If you chose from a dynamic DNS subdomain provided by YunoHost (nohost.me, ynh.fr, noho.st), you have nothing to do. 
If you have your own domain, make sure all the required DNS records are set up and point to your public-facing server. You should also include wildcard entries.
Do not forget to add the wildcards in Adguard. 
10.B. SNI/TLS passthrough
This is section is required whenever you have another YunoHost server on the Intranet, that would be serving its own applications.
In your webadmin, in the menu Tools > YunoHost settings > Other, add items in the SNI/TLS passthrough list.
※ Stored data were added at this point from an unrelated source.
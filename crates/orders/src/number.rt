//! Decimal numbers.
ghost use Rattle.std.specs.Prelude.{◌≡◌, ℕ, ◌+◌, ◌*◌, ◌^◌, ◌<◌, Ok, decimal};
ghost use Rattle.std.specs.Option.{SomeIff};
ghost use Rattle.orders.specs.Numbers.{is_numeral, number_read};

use crate::error::Why;

fn is_numeral(word: &[u8]) -> bool
    ensures { result ≡ is_numeral word.now }
{
    !word.is_empty() && word.iter().all(|byte| byte.is_ascii_digit())
}

// The number with one more digit after its last, where that fits.
fn with_digit(number: u64, digit: u8) -> Option<u64>
    ensures { SomeIff result (number * 10 + digit < 2 ^ 64) (number * 10 + digit) }
{
    number.checked_mul(10)?.checked_add(u64::from(digit))
}

/// The number that a word spells: of a number that was printed, that number.
pub(crate) fn read_number(word: &[u8]) -> Result<u64, Why>
    ensures value { result ≡ number_read word.now }
    ensures back { (n : ℕ) → n < 2 ^ 64 → word.now ≡ decimal n → result ≡ Ok n }
{
    if !is_numeral(word) {
        return Err(Why::NotNumber);
    }
    // By hand: `from_str_radix` takes text, and with it a table of nodes takes nearly twice the time.
    let mut number = 0;
    for byte in word {
        number = with_digit(number, *byte - b'0').ok_or(Why::NumberTooLarge)?;
    }
    Ok(number)
}
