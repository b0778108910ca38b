//! How a case has its batches framed.

/// Which header form a case has.
#[derive(Clone, Copy, Debug, PartialEq, Eq, Hash)]
pub enum FormName {
    /// The one that writes the numbers of a message.
    Numbers,
    /// The one that has the headers which the case supplies.
    Supplied,
}

/// What a sink takes beyond what it holds at first.
#[derive(Clone, Copy, Debug, PartialEq, Eq, Hash)]
pub enum SinkSizes {
    /// So many bytes more.
    Bytes { bytes: u64 },
    /// So many bytes and pieces more, where pieces are kept.
    Buffers { bytes: u64, pieces: u64 },
}

/// 64 MiB more, and no pieces are kept.
impl Default for SinkSizes {
    ghost use Rattle.std.specs.Prelude.{◌≡◌};
    ghost use Rattle.orders.specs.Framing.{default_sink};

    ghost is_default = { λ s. s ≡ default_sink };

    fn default() -> SinkSizes {
        SinkSizes::Bytes { bytes: 67_108_864 }
    }
}
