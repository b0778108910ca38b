//! The options of a case.
use recording::DictionaryHandling;

/// The options of a whole case: what its lines set last, wherever they stand in it.
#[derive(Clone, Copy, Debug, PartialEq, Eq, Hash)]
pub struct Options {
    /// Any number: which ones are alignments is not for an order to say.
    pub alignment: u64,
    pub dictionary_handling: DictionaryHandling,
    pub error_on_replacement: bool,
}

/// Alignment 64, Resend, and no error on replacement.
impl Default for Options {
    ghost use Rattle.std.specs.Prelude.{◌≡◌};
    ghost use Rattle.orders.specs.Options.{default_options};

    ghost is_default = { λ o. o ≡ default_options };

    // A derived one would make the alignment 0.
    fn default() -> Options {
        Options {
            alignment: 64,
            dictionary_handling: DictionaryHandling::Resend,
            error_on_replacement: false,
        }
    }
}
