ghost use Rattle.std.specs.Prelude.{◌≡◌};
ghost use Rattle.orders.specs.Words.{why_words, order_error_words};
ghost use Rattle.orders.specs.declared.error.Why.TheVariants.{File, Memory, NotText};

use std::alloc::{AllocError, AllocFailed};
use std::error::Error;
use std::str::Utf8Error;
use std::{fmt, io};

/// Why a line of an order cannot be read.
// An `io::Error` can be neither compared nor hashed.
#[derive(Clone, Copy, Debug)]
pub enum Why {
    UnknownItem,
    MissingWord,
    ExtraWord,
    NotText,
    NotNumber,
    NumberTooLarge,
    NotHex,
    UnknownWord,
    File(io::Error),
    Memory,
}

// `thiserror` would write this and the next, and what they print would be in no contract.
impl fmt::Display for Why {
    ghost output = { why_words };

    fn fmt<W: fmt::Write>(&self, f: &mut fmt::Formatter<W>) -> fmt::Result {
        match self {
            Why::UnknownItem => f.write_str("no item has this name"),
            Why::MissingWord => f.write_str("the line lacks a word"),
            Why::ExtraWord => f.write_str("the line has a word too many"),
            Why::NotText => f.write_str("a word is not UTF-8"),
            Why::NotNumber => f.write_str("a number is asked for, in decimal digits"),
            Why::NumberTooLarge => f.write_str("a number is above 18446744073709551615"),
            Why::NotHex => f.write_str("hex is asked for, in pairs of digits, or -"),
            Why::UnknownWord => f.write_str("the word is none of those that may stand here"),
            Why::File(error) => write!(f, "{error}"),
            Why::Memory => f.write_str("out of memory"),
        }
    }
}

impl Error for Why {}

// By hand: a macro's `From` would have no contract, and what a line is refused with is in one.
impl From<AllocError> for Why {
    ghost from_gives = { λ _ r. r ≡ Memory };

    fn from(_error: AllocError) -> Why {
        Why::Memory
    }
}

impl<T: Drop> From<AllocFailed<T>> for Why {
    ghost from_gives = { λ _ r. r ≡ Memory };

    fn from(_error: AllocFailed<T>) -> Why {
        Why::Memory
    }
}

impl From<io::Error> for Why {
    ghost from_gives = { λ error r. r ≡ File error };

    fn from(error: io::Error) -> Why {
        Why::File(error)
    }
}

impl From<Utf8Error> for Why {
    ghost from_gives = { λ _ r. r ≡ NotText };

    fn from(_error: Utf8Error) -> Why {
        Why::NotText
    }
}

/// The first line that cannot be read, counted from 1, and why.
#[derive(Clone, Copy, Debug)]
pub struct OrderError {
    pub line: u64,
    pub why: Why,
}

impl fmt::Display for OrderError {
    ghost output = { order_error_words };

    fn fmt<W: fmt::Write>(&self, f: &mut fmt::Formatter<W>) -> fmt::Result {
        write!(f, "line {}: {}", self.line, self.why)
    }
}

impl Error for OrderError {}
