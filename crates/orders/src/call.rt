//! What a case asks for.

/// A batch by its first node, how many columns, and how many rows they have.
#[derive(Clone, Copy, Debug, PartialEq, Eq, Hash)]
pub struct Batch {
    pub first: u64,
    pub columns: u64,
    pub rows: u64,
}

/// How long the memories are that a call is lent: entries of the first three, and bytes of the others.
#[derive(Clone, Copy, Debug, PartialEq, Eq, Hash)]
pub struct MemorySizes {
    pub fields: u64,
    pub buffers: u64,
    pub messages: u64,
    pub work: u64,
    pub metadata: u64,
}

/// What a line of a case asks for.
#[derive(Clone, Copy, Debug, PartialEq, Eq, Hash)]
pub enum Call {
    /// To show the rows of a batch.
    Show(Batch),
    /// The next id.
    Id,
    /// To collect the dictionaries of a batch.
    Collect(Batch),
    /// To lend the calls after it memories of these sizes.
    Lend(MemorySizes),
    /// To plan the messages of a batch.
    Plan(Batch),
    /// To plan a batch and write its frames.
    Frame(Batch),
}
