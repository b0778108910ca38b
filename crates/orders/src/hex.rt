//! Bytes in hex.
ghost use Rattle.std.specs.Prelude.{◌≡◌, vec_items};
ghost use Rattle.orders.specs.Texts.{ReadsInto};
ghost use Rattle.orders.specs.Hexes.{hex_digit, hex_pair, pairs_read, hex_read};

use crate::error::Why;
use crate::text::{expect_end, expect_word, skip_blanks};
use std::alloc::Global;

// What a hex digit of either case stands for.
fn hex_digit(byte: u8) -> Option<u32>
    ensures { result ≡ hex_digit byte }
{
    char::from(byte).to_digit(16)
}

fn hex_pair(high: u8, low: u8) -> Option<u8>
    ensures { result ≡ hex_pair high low }
{
    Some((hex_digit(high)? * 16 + hex_digit(low)?) as u8)
}

// The bytes that pairs of hex digits spell, with blanks between pairs or none.
#[tactic(auto, using(crate::proofs::Pairs::pairs_end))]
fn read_pairs(heap: Global, text: &[u8]) -> Result<Vec<u8>, Why>
    ensures { ReadsInto vec_items result (pairs_read text.now) }
{
    let mut bytes = Vec::new(heap);
    let mut rest = skip_blanks(text);
    // Blanks may stand between pairs, so no `chunks` of the text are the pairs.
    while let [high, low, after @ ..] = rest {
        let byte = hex_pair(*high, *low).ok_or(Why::NotHex)?;
        bytes.push(byte)?;
        rest = skip_blanks(after);
    }
    if rest.is_empty() {
        Ok(bytes)
    } else {
        Err(Why::NotHex)
    }
}

/// The bytes that the rest of a line spells in hex; `-` alone spells none.
#[tactic(auto, unfolding(crate::specs::Hexes::hex_read, crate::specs::Texts::at_end))]
pub(crate) fn read_hex(heap: Global, text: &[u8]) -> Result<Vec<u8>, Why>
    ensures { ReadsInto vec_items result (hex_read text.now) }
{
    let (word, rest) = expect_word(text)?;
    if word == b"-".as_slice() {
        expect_end(rest)?;
        return Ok(Vec::new(heap));
    }
    read_pairs(heap, text)
}
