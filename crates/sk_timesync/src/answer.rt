//! What stands in the way of the next step.

use sk_base::SimTime;

/// Whether the next step may begin.
#[derive(Clone, Copy, Debug, PartialEq, Eq)]
pub enum MayBegin {
    /// It may, at this time.
    Yes(SimTime),
    /// It waits for the peer of this number, which announced this time last. Of the peers that
    /// are unknown, or are synchronised, haven't left and have announced nothing or a time below
    /// the next step's, it is the one of the lowest number.
    Waits(u32, Option<SimTime>),
    /// The step of this number is open.
    Open(u64),
}
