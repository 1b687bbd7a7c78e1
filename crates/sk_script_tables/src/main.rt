//! A program for tables: what scenario files read as, and what is written of them.
//!
//! Each line of its input is a row, and for each it writes an answer. Rows come from
//! `scripts/scenarios.py`, since long tables in a test take minutes to prove.
//!
//! - `read HEX`: the bytes of a file, in hexadecimal. The answer is `fault PATH: RULE`; or `scenario
//!   COUNT`, so many lines with the warnings, and `closed` or `open`.
//! - `text HEX`: the same bytes. The answer is the scenario's one text; or `fault PATH: RULE`.
//! - `generate NUMBER PARTICIPANTS STEPS`: the answer is the text of the scenario that is made so.
//! - Another row is answered by `no such row`.
#![tactic(auto)]

mod fault;
mod row;

use fault::Fault;
use std::alloc::AllocError;
use std::io::{self, BufRead, BufReader};

fn main(rt: HostRuntime) -> io::Result<()> {
    let alloc = rt.alloc();
    for line in BufReader::new(alloc, rt.reader())?.lines(alloc) {
        let row = line?;
        match row::answer(alloc, row.as_str()) {
            Ok(answer) => print!(rt; "{}", answer.as_str())?,
            Err(Fault::BadRow) => println!(rt; "no such row")?,
            Err(Fault::WantOfMemory) => return Err(AllocError.into()),
        }
    }
    Ok(())
}
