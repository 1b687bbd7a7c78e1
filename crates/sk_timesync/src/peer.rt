//! What is noted of one peer.

ghost use Rattle.std.specs.Prelude.{◌≡◌, ◌<◌, ◌≤◌, MatchBool, Some, IfSome, IfErr, OnOk, OnErr};
ghost use Rattle.sk_timesync.specs.Notes.{unheard, with_known, with_announced, with_left};
ghost use Rattle.sk_timesync.specs.Rule.{HoldsUp, IsReady};

use sk_base::SimTime;
use std::marker::Model;

/// One peer. Contracts see what was noted of it.
#[derive(Debug, Drop)]
pub(crate) struct Peer {
    number: u32,
    /// None as long as the peer is unknown.
    synchronised: Option<bool>,
    left: bool,
    announced: Option<SimTime>,
}

impl Model for Peer {
    ghost use Rattle.sk_timesync.specs.Notes.{PeerNotes};

    ghost Value = { PeerNotes };

    ghost view = { λ p.
        record { number = p.number; synchronised = p.synchronised; left = p.left; announced = p.announced } };
}

impl Peer {
    /// A peer of which nothing was noted.
    pub(crate) fn new(number: u32) -> Peer
        ensures { result ≡ unheard number }
    {
        Peer {
            number,
            synchronised: None,
            left: false,
            announced: None,
        }
    }

    /// Its number among the participants.
    pub(crate) fn number(&self) -> u32
        ensures { result ≡ self.now.number }
    {
        self.number
    }

    /// The time of its last announcement.
    pub(crate) fn announced(&self) -> Option<SimTime>
        ensures { result ≡ self.now.announced }
    {
        self.announced
    }

    /// It is known now, and is synchronised or not.
    pub(crate) fn know(&mut self, synchronised: bool)
        ensures { self.new ≡ with_known synchronised self.old }
    {
        self.synchronised = Some(synchronised);
    }

    /// Notes a time that is above the last one, or hands the last one back.
    pub(crate) fn announce(&mut self, at: SimTime) -> Result<(), SimTime>
        ensures noted { OnOk result (self.new ≡ with_announced at self.old) }
        ensures rises { OnOk result (IfSome self.old.announced (λ last. last < at)) }
        ensures refused { IfErr result (λ last. (self.old.announced ≡ Some last) × (at ≤ last)) }
        ensures same { OnErr result (self.new ≡ self.old) }
        ensures number { self.new.number ≡ self.old.number }
    {
        if let Some(last) = self.announced
            && at <= last
        {
            return Err(last);
        }
        self.announced = Some(at);
        Ok(())
    }

    /// It has left.
    pub(crate) fn leave(&mut self)
        ensures { self.new ≡ with_left self.old }
    {
        self.left = true;
    }

    /// Whether the step at this time can't begin because of this peer.
    pub(crate) fn holds_up(&self, at: SimTime) -> bool
        ensures { MatchBool result (HoldsUp at self.now) (IsReady at self.now) }
    {
        match self.synchronised {
            None => true,
            Some(false) => false,
            Some(true) => !self.left && self.announced.is_none_or(|time| time < at),
        }
    }
}
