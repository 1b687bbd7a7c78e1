//! Virtual time without a central clock: when a participant may begin its next step.
//!
//! [`Steps`] keeps the own steps and what was heard of each peer, and [`Steps::may_begin`] is the
//! rule over all of it: a step begins once every peer is known and each one that is synchronised
//! and hasn't left has announced the step's time or a later one. Else the answer names the first
//! peer that is waited for. [`Steps::next`] is when the next step begins, at every moment: 0, and a
//! step size later with each step that was begun. Contracts see the notes themselves, and never how
//! they are kept.
//!
//! Each call looks at every peer at most once. Only [`Steps::add_peer`] takes memory.
//!
//! ```text
//! let mut steps = Steps::new(alloc, 1_000_000);   // 1 ms a step
//! steps.add_peer(2)?;                             // all peers, in rising number, come first
//! steps.know(2, true);
//! steps.announce(2, at)                           // refused unless above the last one
//! match steps.may_begin() { MayBegin::Yes(at) => .., MayBegin::Waits(peer, last) => .., .. }
//! ```
#![tactic(auto)]

mod answer;
pub mod laws;
mod peer;
mod steps;
#[cfg(test)]
mod tests;

pub use answer::MayBegin;
pub use steps::Steps;
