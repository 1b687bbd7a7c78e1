//! Laws of the rule: functions that do nothing, whose contracts are the laws.

ghost use Rattle.std.specs.Prelude.{◌≡◌, ◌≢◌, ◌⊎◌, ◌↔◌, ◌++◌, ◌∷◌, ℕ, Bool, true, false, Some, IsSome, List, Contains};
ghost use Rattle.std.specs.List.Sorted.{IsStrictlyIncreasing};
ghost use Rattle.sk_timesync.specs.Notes.{PeerNotes, Notes, numbers, announced_by, with_known, with_announced, with_left, with_peer};
ghost use Rattle.sk_timesync.specs.Rule.{HoldsUp, IsReady, Answers};
ghost use Rattle.sk_timesync.specs.declared.answer.MayBegin.{MayBegin};
ghost use Rattle.sk_timesync.specs.declared.answer.MayBegin.TheVariants.{Yes};

/// A peer is ready for a step or holds it up, and never both.
pub fn ready_or_holds_up()
    ensures one { (at : ℕ) (peer : PeerNotes) → IsReady at peer ⊎ HoldsUp at peer }
    ensures not_both { (at : ℕ) (peer : PeerNotes) → IsReady at peer → HoldsUp at peer → ⊥ }
{}

/// The same notes never have two answers.
pub fn one_answer()
    ensures { (notes : Notes) (one other : MayBegin) → IsStrictlyIncreasing (numbers notes) →
        Answers notes one → Answers notes other → one ≡ other }
{}

/// The answer is Yes exactly where no step is open and no peer holds the next one up.
pub fn yes_exactly()
    ensures { (notes : Notes) (answer : MayBegin) →
        IsStrictlyIncreasing (numbers notes) → Answers notes answer →
        (answer ≡ Yes notes.next)
        ↔ ((notes.is_open ≡ false)
        × ((peer : PeerNotes) → Contains notes.peers peer → HoldsUp notes.next peer → ⊥)) }
{}

/// A known peer that has left counts no more: the answer is the one without it.
pub fn left_counts_no_more()
    ensures { (notes : Notes) (before after : List PeerNotes) (peer : PeerNotes) (answer : MayBegin) →
        IsSome peer.synchronised → peer.left ≡ true →
        Answers (record notes { peers = before ++ peer ∷ after }) answer
        ↔ Answers (record notes { peers = before ++ after }) answer }
{}

/// A peer that isn't synchronised never counts, whatever else was noted of it.
pub fn unsynchronised_never_counts()
    ensures { (notes : Notes) (before after : List PeerNotes) (peer : PeerNotes) (answer : MayBegin) →
        peer.synchronised ≡ Some false →
        Answers (record notes { peers = before ++ peer ∷ after }) answer
        ↔ Answers (record notes { peers = before ++ after }) answer }
{}

/// Of each peer the last announcement counts, and no other note changes it.
pub fn last_announcement()
    ensures announced { (notes : Notes) (number at : ℕ) → Contains (numbers notes) number →
        announced_by (with_peer number (with_announced at) notes) number ≡ Some at }
    ensures others { (notes : Notes) (number other at : ℕ) → other ≢ number →
        announced_by (with_peer number (with_announced at) notes) other ≡ announced_by notes other }
    ensures known { (notes : Notes) (number other : ℕ) (synchronised : Bool) →
        announced_by (with_peer number (with_known synchronised) notes) other ≡ announced_by notes other }
    ensures left { (notes : Notes) (number other : ℕ) →
        announced_by (with_peer number with_left notes) other ≡ announced_by notes other }
{}
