//! The rule on tables of notes.

ghost use Rattle.std.specs.Prelude.{◌≡◌, ◌<◌, ◌≤◌, ◌^◌, ℕ, IfOk, Contains};
ghost use Rattle.sk_timesync.specs.Notes.{numbers};

use crate::{MayBegin, Steps};
use sk_base::{SimTime, WantOfMemory};
use std::alloc::Global;
use std::process::Abort;
use std::test::Fail;

/// Something to note.
#[derive(Clone, Copy, Debug)]
enum Note {
    Knows(u32, bool),
    Announces(u32, u64),
    Leaves(u32),
    Begins,
    Ends,
}

/// The time of so many nanoseconds.
fn time(rt: &impl Abort, ns: u64) -> SimTime {
    SimTime::new(ns).expect(rt, "a time")
}

fn yes(rt: &impl Abort, ns: u64) -> MayBegin {
    MayBegin::Yes(time(rt, ns))
}

/// Steps with the peers 0 to `count - 1`.
fn with_peers(alloc: Global, size: u64, count: u32) -> Result<Steps, WantOfMemory>
    requires least { 1 ≤ size }
    requires most { size ≤ 2 ^ 60 }
    ensures { IfOk result (λ steps. (peer : ℕ) → peer < count → Contains (numbers steps) peer) }
{
    let mut steps = Steps::new(alloc, size);
    for peer in 0..count {
        steps.add_peer(peer)?;
    }
    Ok(steps)
}

/// Notes one thing of the peers 0 to `count - 1`, which has to be allowed.
fn make(rt: &impl Abort, steps: &mut Steps, count: u32, note: Note)
    requires { (peer : ℕ) → peer < count → Contains (numbers steps.old) peer }
    ensures { numbers steps.new ≡ numbers steps.old }
{
    match note {
        Note::Knows(peer, synchronised) => {
            assert!(rt; peer < count);
            steps.know(peer, synchronised);
        }
        Note::Announces(peer, ns) => {
            assert!(rt; peer < count);
            assert_eq!(rt; steps.announce(peer, time(rt, ns)), Ok(()));
        }
        Note::Leaves(peer) => {
            assert!(rt; peer < count);
            steps.leave(peer);
        }
        Note::Begins => match steps.may_begin() {
            MayBegin::Yes(at) => {
                assert!(rt; at.ns() < 1 << 61);
                let number = steps.begin();
                assert_eq!(rt; steps.may_begin(), MayBegin::Open(number));
            }
            other => panic!(rt; "{other:?}"),
        },
        Note::Ends => match steps.may_begin() {
            MayBegin::Open(_) => {
                let next = steps.end();
                assert_eq!(rt; next, steps.next());
            }
            other => panic!(rt; "{other:?}"),
        },
    }
}

/// Makes each note in order, and compares the answer after it.
fn play(rt: &impl Abort, steps: &mut Steps, count: u32, table: &[(Note, MayBegin)])
    requires { (peer : ℕ) → peer < count → Contains (numbers steps.old) peer }
    ensures { numbers steps.new ≡ numbers steps.old }
{
    for (note, answer) in table {
        make(rt, steps, count, *note);
        assert_eq!(rt; steps.may_begin(), *answer, "after {note:?}");
    }
}

#[test]
fn each_note_has_its_answer(rt: HostRuntime) -> Result<(), Fail> {
    let at = |ns: u64| SimTime::new(ns);
    let mut steps = with_peers(rt.alloc(), 1000, 4)?;
    assert_eq!(rt; steps.may_begin(), MayBegin::Waits(0, None));
    let table = [
        // peer 0 isn't synchronised: once that is known it counts no more
        (Note::Announces(0, 50), MayBegin::Waits(0, at(50))),
        (Note::Knows(0, false), MayBegin::Waits(1, None)),
        // a peer that left counts no more once it is known
        (Note::Leaves(1), MayBegin::Waits(1, None)),
        (Note::Knows(1, true), MayBegin::Waits(2, None)),
        // a synchronised peer counts until it has announced the time or a later one
        (Note::Knows(2, true), MayBegin::Waits(2, None)),
        (Note::Knows(3, true), MayBegin::Waits(2, None)),
        (Note::Announces(2, 0), MayBegin::Waits(3, None)),
        (Note::Announces(3, 0), yes(&rt, 0)),
        (Note::Begins, MayBegin::Open(1)),
        (Note::Announces(3, 5000), MayBegin::Open(1)),
        (Note::Ends, MayBegin::Waits(2, at(0))),
        (Note::Announces(2, 999), MayBegin::Waits(2, at(999))),
        (Note::Announces(2, 1000), yes(&rt, 1000)),
        (Note::Begins, MayBegin::Open(2)),
        (Note::Ends, MayBegin::Waits(2, at(1000))),
        // it leaves, and 3 announced a later time
        (Note::Leaves(2), yes(&rt, 2000)),
        (Note::Begins, MayBegin::Open(3)),
        (Note::Ends, yes(&rt, 3000)),
    ];
    play(&rt, &mut steps, 4, &table);
    Ok(())
}

/// What this many synchronised peers note in two steps of 1000 ns, with each answer.
fn two_steps(rt: &(impl Abort + AllocGlobal), count: u32) -> Result<Vec<(Note, MayBegin)>, Fail> {
    let zero = time(rt, 0);
    let mut table = Vec::new(rt.alloc());
    for peer in 0..count {
        table.push((Note::Knows(peer, true), MayBegin::Waits(0, None)))?;
    }
    for peer in 0..count {
        let next = peer.saturating_add(1);
        let answer = if next < count {
            MayBegin::Waits(next, None)
        } else {
            yes(rt, 0)
        };
        table.push((Note::Announces(peer, 0), answer))?;
    }
    table.push((Note::Begins, MayBegin::Open(1)))?;
    table.push((Note::Ends, MayBegin::Waits(0, Some(zero))))?;
    for peer in (1..count).rev() {
        table.push((Note::Announces(peer, 1000), MayBegin::Waits(0, Some(zero))))?;
    }
    table.push((Note::Leaves(0), yes(rt, 1000)))?;
    table.push((Note::Begins, MayBegin::Open(2)))?;
    let last = if count == 1 {
        yes(rt, 2000)
    } else {
        MayBegin::Waits(1, SimTime::new(1000))
    };
    table.push((Note::Ends, last))?;
    Ok(table)
}

#[test]
fn every_number_of_peers(rt: HostRuntime) -> Result<(), Fail> {
    for count in [1, 2, 3, 31, 32] {
        let mut steps = with_peers(rt.alloc(), 1000, count)?;
        let table = two_steps(&rt, count)?;
        play(&rt, &mut steps, count, &table);
    }
    Ok(())
}

#[test]
fn next_is_the_step_behind(rt: HostRuntime) -> Result<(), Fail> {
    let mut steps = with_peers(rt.alloc(), 10, 0)?;
    assert_eq!(rt; steps.next().ns(), 0);
    // an open step's own time is no answer
    for (note, next) in [
        (Note::Begins, 10),
        (Note::Ends, 10),
        (Note::Begins, 20),
        (Note::Ends, 20),
    ] {
        make(&rt, &mut steps, 0, note);
        assert_eq!(rt; steps.next().ns(), next, "after {note:?}");
    }
    Ok(())
}

#[test]
fn announcements_rise(rt: HostRuntime) -> Result<(), Fail> {
    let mut steps = with_peers(rt.alloc(), 10, 1)?;
    steps.know(0, true);
    let table = [
        (0, None),
        (0, Some(0)),
        (5, None),
        (4, Some(5)),
        (5, Some(5)),
        (6, None),
        (0, Some(6)),
        (1 << 62, None),
        (1 << 62, Some(1 << 62)),
    ];
    for (at, last) in table {
        let before = steps.may_begin();
        match (steps.announce(0, time(&rt, at)), last) {
            (Ok(()), None) => {}
            (Err(told), Some(last)) => {
                assert_eq!(rt; told.ns(), last, "at {at}");
                assert_eq!(rt; steps.may_begin(), before, "at {at}");
            }
            (answer, _) => panic!(rt; "at {at}: {answer:?}"),
        }
    }
    Ok(())
}

/// Takes the next step where it may begin before 7 ms, tells the other of the one after it, and
/// answers when it began.
fn take_step(rt: &impl Abort, own: &mut Steps, other: &mut Steps) -> Option<u64>
    requires { Contains (numbers other.old) 0 }
    ensures own { numbers own.new ≡ numbers own.old }
    ensures other { numbers other.new ≡ numbers other.old }
{
    match own.may_begin() {
        MayBegin::Yes(at) if at.ns() < 7_000_000 => {
            own.begin();
            let next = own.end();
            assert_eq!(rt; other.announce(0, next), Ok(()));
            Some(at.ns())
        }
        _ => None,
    }
}

#[test]
fn steps_of_two_and_of_three_ms(rt: HostRuntime) -> Result<(), Fail> {
    let mut fast = with_peers(rt.alloc(), 2_000_000, 1)?;
    let mut slow = with_peers(rt.alloc(), 3_000_000, 1)?;
    let mut fast_begins = Vec::new(rt.alloc());
    let mut slow_begins = Vec::new(rt.alloc());
    fast.know(0, true);
    slow.know(0, true);
    assert_eq!(rt; fast.announce(0, slow.next()), Ok(()));
    assert_eq!(rt; slow.announce(0, fast.next()), Ok(()));
    for _round in 0..10 {
        if let Some(at) = take_step(&rt, &mut fast, &mut slow) {
            fast_begins.push(at)?;
        }
        if let Some(at) = take_step(&rt, &mut slow, &mut fast) {
            slow_begins.push(at)?;
        }
    }
    assert_eq!(rt;
        fast_begins.as_slice(),
        [0, 2_000_000, 4_000_000, 6_000_000].as_slice()
    );
    assert_eq!(rt;
        slow_begins.as_slice(),
        [0, 3_000_000, 6_000_000].as_slice()
    );
    Ok(())
}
It enables your main server to… ahem… pass the secured traffic through to the domains on your Intranet.
The items should have the following format: <domain>;<intranet IP address>;443. In my case, my test server would need the following entry: test.vpn.titusintranet.nohost.me;100.64.0.8;443
Add an entry for each domain and subdomain.
10.C. Generate the certificates
You may now generate the certificates on each server involved in the Intranet.
Enjoy!
This tutorial is a bit complex and has only been tested a couple of times on my own setup. Please report any issue in a dedicated support thread. Feedback is most welcome.